WHAT TO PRODUCE: Report each line from the entries in which "hash" can be found.

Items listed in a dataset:
------------------------------

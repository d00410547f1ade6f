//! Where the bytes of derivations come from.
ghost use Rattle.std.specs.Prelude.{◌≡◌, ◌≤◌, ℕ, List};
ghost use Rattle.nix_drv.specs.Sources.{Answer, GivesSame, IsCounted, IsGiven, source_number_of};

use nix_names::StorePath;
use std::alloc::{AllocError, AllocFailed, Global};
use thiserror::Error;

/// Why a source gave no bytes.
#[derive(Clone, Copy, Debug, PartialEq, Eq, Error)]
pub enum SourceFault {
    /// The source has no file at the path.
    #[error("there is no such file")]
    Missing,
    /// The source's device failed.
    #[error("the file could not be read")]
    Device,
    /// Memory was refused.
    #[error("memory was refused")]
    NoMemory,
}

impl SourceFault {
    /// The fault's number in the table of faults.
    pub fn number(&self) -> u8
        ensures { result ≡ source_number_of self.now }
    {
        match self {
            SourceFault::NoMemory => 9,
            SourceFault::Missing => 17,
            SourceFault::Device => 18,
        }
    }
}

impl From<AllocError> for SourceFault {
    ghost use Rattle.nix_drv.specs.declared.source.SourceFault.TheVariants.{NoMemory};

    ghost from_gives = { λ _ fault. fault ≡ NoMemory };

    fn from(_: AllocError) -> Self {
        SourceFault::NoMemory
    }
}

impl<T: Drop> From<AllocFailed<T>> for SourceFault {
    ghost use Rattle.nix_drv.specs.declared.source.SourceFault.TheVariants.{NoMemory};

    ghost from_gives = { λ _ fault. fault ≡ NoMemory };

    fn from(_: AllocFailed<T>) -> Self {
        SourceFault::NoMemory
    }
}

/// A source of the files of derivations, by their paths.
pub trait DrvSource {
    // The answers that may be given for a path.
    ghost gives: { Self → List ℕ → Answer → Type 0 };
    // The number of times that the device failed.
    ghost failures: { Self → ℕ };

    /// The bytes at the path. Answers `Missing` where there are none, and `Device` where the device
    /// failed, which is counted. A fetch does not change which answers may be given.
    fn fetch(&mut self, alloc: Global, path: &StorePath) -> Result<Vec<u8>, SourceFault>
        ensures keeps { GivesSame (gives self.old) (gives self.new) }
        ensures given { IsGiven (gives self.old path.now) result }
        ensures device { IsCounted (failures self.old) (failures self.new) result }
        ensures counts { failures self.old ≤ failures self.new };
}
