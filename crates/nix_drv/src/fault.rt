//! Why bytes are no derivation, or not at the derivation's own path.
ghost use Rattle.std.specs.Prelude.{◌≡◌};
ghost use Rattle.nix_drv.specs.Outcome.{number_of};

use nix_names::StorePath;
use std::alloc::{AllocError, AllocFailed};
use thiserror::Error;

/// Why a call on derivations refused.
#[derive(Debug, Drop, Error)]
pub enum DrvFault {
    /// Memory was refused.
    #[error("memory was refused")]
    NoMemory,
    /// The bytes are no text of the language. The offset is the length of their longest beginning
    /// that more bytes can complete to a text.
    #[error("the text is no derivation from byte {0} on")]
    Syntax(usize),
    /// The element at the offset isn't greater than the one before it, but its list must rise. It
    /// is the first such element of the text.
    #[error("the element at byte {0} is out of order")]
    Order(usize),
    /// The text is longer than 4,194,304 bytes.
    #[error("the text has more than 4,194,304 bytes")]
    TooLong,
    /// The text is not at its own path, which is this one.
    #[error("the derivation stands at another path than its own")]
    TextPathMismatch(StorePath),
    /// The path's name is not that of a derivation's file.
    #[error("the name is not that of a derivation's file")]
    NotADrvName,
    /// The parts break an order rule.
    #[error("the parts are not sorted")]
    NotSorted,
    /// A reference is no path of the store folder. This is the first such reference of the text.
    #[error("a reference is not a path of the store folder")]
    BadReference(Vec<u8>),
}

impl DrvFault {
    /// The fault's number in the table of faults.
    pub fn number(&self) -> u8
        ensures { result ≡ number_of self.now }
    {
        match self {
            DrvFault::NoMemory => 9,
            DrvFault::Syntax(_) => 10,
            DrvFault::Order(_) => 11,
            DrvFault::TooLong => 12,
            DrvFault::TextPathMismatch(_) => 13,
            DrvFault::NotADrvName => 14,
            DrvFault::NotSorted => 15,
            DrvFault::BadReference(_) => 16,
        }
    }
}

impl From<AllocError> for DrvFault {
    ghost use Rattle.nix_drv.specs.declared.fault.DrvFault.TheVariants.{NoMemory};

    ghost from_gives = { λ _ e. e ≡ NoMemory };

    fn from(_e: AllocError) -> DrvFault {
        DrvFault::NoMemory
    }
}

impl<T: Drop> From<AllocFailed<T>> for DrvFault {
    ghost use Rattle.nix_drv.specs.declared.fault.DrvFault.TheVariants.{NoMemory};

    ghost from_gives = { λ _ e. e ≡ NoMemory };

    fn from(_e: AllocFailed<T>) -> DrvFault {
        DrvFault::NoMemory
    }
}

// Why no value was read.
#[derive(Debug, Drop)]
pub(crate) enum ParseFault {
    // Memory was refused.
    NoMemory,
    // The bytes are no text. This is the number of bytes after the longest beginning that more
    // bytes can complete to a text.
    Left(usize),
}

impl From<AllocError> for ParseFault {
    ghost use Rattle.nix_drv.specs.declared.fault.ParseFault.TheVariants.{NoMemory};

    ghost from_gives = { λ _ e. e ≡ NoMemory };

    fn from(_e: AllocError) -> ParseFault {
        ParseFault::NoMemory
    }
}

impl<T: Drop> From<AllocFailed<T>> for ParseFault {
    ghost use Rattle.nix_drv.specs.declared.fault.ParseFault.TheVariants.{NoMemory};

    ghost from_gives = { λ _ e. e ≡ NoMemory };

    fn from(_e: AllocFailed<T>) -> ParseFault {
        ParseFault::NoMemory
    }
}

------------------------------

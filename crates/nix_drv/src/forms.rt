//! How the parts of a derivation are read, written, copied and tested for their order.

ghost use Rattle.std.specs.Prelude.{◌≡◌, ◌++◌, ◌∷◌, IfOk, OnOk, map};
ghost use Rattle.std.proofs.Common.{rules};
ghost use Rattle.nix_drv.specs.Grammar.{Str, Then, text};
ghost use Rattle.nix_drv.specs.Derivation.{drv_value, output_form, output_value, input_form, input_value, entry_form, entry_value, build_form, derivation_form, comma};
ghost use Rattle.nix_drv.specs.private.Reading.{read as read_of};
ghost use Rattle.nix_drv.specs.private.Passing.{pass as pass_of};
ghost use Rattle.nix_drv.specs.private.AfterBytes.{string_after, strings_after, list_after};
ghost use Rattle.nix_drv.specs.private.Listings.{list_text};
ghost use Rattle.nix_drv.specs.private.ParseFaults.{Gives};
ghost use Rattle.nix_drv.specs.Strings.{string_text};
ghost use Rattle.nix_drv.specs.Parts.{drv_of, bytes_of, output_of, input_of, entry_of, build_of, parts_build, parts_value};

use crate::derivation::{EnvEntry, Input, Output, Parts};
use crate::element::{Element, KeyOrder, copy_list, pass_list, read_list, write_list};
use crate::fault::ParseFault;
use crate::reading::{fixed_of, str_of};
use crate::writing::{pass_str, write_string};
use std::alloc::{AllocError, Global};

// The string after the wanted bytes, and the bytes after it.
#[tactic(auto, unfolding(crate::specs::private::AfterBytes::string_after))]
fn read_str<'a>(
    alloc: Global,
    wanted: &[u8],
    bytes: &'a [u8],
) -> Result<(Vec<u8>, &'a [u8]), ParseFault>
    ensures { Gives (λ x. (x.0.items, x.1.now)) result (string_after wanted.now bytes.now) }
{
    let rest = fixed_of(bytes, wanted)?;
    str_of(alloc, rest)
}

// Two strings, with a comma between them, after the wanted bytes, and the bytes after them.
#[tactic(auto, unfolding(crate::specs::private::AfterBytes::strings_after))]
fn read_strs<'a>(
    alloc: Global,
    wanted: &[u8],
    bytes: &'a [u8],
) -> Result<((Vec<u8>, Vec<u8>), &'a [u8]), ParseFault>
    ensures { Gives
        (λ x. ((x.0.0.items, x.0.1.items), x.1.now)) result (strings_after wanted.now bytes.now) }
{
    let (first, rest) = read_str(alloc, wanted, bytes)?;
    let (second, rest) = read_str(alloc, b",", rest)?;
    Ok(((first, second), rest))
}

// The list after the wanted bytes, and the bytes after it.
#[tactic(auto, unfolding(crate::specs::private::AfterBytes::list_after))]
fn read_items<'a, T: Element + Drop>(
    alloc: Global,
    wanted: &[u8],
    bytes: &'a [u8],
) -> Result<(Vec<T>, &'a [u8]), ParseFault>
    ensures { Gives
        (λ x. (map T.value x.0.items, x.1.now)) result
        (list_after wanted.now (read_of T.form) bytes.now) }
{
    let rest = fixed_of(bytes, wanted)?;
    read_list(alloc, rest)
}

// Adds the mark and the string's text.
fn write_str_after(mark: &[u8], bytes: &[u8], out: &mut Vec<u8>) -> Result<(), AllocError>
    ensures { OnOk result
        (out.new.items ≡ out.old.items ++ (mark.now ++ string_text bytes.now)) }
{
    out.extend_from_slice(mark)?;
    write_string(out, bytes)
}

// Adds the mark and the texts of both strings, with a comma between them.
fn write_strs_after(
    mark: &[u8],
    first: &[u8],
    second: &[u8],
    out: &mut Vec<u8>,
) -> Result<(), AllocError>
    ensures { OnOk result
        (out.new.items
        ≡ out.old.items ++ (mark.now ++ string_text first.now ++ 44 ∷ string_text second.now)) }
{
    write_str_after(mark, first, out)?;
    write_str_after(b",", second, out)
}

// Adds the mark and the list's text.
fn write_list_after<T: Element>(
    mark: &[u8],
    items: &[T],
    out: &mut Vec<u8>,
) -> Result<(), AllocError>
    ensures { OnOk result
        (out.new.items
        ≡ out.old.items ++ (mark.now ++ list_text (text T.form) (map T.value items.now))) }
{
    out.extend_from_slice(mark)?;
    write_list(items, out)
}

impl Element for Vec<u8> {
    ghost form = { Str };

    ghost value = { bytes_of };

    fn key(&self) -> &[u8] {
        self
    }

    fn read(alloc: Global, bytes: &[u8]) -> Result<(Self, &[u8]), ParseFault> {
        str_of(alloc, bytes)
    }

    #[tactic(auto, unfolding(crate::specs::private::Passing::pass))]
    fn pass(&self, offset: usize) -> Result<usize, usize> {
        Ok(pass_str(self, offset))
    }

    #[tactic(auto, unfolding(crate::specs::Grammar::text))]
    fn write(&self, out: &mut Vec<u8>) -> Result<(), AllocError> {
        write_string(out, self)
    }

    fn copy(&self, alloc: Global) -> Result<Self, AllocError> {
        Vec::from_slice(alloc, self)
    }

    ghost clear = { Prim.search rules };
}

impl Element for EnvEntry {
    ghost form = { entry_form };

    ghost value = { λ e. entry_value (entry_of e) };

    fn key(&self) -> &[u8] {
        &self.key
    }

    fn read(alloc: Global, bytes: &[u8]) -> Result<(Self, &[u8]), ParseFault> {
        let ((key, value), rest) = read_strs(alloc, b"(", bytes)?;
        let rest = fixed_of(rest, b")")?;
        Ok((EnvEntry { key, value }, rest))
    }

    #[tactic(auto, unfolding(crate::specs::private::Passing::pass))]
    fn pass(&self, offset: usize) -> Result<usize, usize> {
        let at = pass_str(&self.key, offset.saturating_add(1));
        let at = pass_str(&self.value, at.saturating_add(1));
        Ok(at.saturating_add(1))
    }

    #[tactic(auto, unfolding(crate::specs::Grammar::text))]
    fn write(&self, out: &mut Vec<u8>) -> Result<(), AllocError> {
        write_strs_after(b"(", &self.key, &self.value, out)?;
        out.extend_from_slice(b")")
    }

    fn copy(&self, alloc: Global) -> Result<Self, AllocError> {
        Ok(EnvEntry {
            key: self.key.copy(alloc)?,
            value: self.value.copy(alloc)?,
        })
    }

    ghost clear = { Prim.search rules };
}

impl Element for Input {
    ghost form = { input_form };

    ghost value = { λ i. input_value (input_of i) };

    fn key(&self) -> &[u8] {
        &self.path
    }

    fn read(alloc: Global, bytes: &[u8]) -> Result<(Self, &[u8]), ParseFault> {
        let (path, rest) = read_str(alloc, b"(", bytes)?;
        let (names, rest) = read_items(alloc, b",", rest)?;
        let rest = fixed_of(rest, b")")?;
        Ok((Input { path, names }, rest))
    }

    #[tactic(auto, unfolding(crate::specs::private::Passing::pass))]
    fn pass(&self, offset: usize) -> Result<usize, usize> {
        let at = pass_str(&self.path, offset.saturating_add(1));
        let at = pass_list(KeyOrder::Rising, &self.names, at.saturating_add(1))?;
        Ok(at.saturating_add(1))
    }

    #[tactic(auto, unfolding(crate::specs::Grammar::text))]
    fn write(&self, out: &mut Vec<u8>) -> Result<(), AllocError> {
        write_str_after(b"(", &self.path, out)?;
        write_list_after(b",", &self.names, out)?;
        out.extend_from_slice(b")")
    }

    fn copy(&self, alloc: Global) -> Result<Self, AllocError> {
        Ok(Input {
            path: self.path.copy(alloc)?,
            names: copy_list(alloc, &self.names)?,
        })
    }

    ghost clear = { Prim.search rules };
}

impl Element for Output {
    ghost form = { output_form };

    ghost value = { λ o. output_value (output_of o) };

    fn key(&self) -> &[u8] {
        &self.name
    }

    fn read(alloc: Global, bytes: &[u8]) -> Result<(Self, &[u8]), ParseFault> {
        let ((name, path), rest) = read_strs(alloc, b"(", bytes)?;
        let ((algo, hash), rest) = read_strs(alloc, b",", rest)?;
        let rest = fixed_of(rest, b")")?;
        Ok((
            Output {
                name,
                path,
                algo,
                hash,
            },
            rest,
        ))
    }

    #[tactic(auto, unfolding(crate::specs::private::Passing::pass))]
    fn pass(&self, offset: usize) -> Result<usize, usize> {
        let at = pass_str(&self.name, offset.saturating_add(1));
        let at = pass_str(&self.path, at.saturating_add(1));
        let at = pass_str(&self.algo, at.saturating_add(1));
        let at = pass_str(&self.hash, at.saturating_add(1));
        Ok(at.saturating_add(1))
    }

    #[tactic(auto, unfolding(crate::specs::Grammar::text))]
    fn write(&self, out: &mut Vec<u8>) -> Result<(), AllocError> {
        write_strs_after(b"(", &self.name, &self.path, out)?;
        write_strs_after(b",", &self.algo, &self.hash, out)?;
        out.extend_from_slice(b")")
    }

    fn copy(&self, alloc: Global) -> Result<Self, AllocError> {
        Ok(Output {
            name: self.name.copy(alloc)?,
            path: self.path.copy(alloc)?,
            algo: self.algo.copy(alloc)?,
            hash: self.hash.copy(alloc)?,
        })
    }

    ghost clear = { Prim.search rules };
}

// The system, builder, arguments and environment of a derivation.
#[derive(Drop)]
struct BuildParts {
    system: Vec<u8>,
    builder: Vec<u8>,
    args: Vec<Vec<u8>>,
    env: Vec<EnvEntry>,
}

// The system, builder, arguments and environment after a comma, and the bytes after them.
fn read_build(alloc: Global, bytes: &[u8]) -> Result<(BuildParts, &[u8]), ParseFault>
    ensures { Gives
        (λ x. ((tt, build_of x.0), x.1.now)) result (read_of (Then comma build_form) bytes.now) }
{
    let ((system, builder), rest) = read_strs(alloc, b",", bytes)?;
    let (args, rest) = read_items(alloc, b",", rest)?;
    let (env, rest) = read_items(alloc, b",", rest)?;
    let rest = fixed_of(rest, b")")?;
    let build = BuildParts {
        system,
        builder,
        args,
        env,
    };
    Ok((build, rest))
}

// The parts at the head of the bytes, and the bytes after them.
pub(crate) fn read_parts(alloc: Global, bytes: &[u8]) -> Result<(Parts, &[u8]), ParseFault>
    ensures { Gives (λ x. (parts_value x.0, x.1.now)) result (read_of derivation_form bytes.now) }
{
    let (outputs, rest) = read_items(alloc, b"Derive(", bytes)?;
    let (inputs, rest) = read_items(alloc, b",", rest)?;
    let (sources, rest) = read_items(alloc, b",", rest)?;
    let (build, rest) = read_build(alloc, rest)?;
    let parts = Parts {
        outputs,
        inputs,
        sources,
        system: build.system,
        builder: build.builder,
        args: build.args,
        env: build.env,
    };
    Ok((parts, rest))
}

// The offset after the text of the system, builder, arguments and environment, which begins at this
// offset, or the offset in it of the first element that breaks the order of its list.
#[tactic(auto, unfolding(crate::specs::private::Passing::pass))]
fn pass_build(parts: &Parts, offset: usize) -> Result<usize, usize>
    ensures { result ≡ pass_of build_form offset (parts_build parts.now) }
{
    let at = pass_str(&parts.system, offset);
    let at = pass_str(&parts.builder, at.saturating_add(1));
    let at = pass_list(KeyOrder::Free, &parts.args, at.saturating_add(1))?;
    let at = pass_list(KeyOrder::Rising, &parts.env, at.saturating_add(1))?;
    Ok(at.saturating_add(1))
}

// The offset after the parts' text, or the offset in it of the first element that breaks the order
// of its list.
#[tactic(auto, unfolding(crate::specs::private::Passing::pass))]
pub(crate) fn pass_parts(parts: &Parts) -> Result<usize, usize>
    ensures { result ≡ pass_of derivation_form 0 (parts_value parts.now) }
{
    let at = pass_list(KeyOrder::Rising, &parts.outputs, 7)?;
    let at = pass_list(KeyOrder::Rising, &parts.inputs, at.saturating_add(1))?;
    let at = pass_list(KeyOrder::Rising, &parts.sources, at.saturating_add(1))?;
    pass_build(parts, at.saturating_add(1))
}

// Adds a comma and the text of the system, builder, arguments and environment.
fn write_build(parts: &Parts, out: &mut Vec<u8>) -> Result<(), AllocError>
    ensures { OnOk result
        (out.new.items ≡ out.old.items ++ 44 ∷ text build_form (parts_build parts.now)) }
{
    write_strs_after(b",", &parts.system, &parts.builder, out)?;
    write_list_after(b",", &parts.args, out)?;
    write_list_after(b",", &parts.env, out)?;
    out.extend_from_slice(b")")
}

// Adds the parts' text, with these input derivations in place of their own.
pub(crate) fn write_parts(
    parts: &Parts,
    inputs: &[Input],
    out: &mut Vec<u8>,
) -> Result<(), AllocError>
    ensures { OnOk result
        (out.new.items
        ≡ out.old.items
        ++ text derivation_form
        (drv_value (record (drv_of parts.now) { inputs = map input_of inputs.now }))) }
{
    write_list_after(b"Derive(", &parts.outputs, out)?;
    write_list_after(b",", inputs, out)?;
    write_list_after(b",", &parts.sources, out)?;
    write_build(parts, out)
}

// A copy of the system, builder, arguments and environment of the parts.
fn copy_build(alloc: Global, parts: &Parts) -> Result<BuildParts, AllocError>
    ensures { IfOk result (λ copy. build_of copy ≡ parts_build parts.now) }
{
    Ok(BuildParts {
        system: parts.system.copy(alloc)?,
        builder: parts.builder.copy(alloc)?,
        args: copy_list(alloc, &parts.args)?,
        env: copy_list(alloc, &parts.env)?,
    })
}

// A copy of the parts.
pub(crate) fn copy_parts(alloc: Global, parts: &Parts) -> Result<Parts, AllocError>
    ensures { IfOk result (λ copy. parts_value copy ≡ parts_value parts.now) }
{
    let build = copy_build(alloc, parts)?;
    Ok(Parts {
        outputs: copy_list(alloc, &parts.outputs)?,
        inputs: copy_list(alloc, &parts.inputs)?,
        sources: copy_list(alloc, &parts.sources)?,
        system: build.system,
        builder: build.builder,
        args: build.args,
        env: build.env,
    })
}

------------------------------

FINISHED EXERCISE:
        let ((algo, hash), rest) = read_strs(alloc, b",", rest)?;
                hash,
        let at = pass_str(&self.hash, at.saturating_add(1));
        write_strs_after(b",", &self.algo, &self.hash, out)?;
            hash: self.hash.copy(alloc)?,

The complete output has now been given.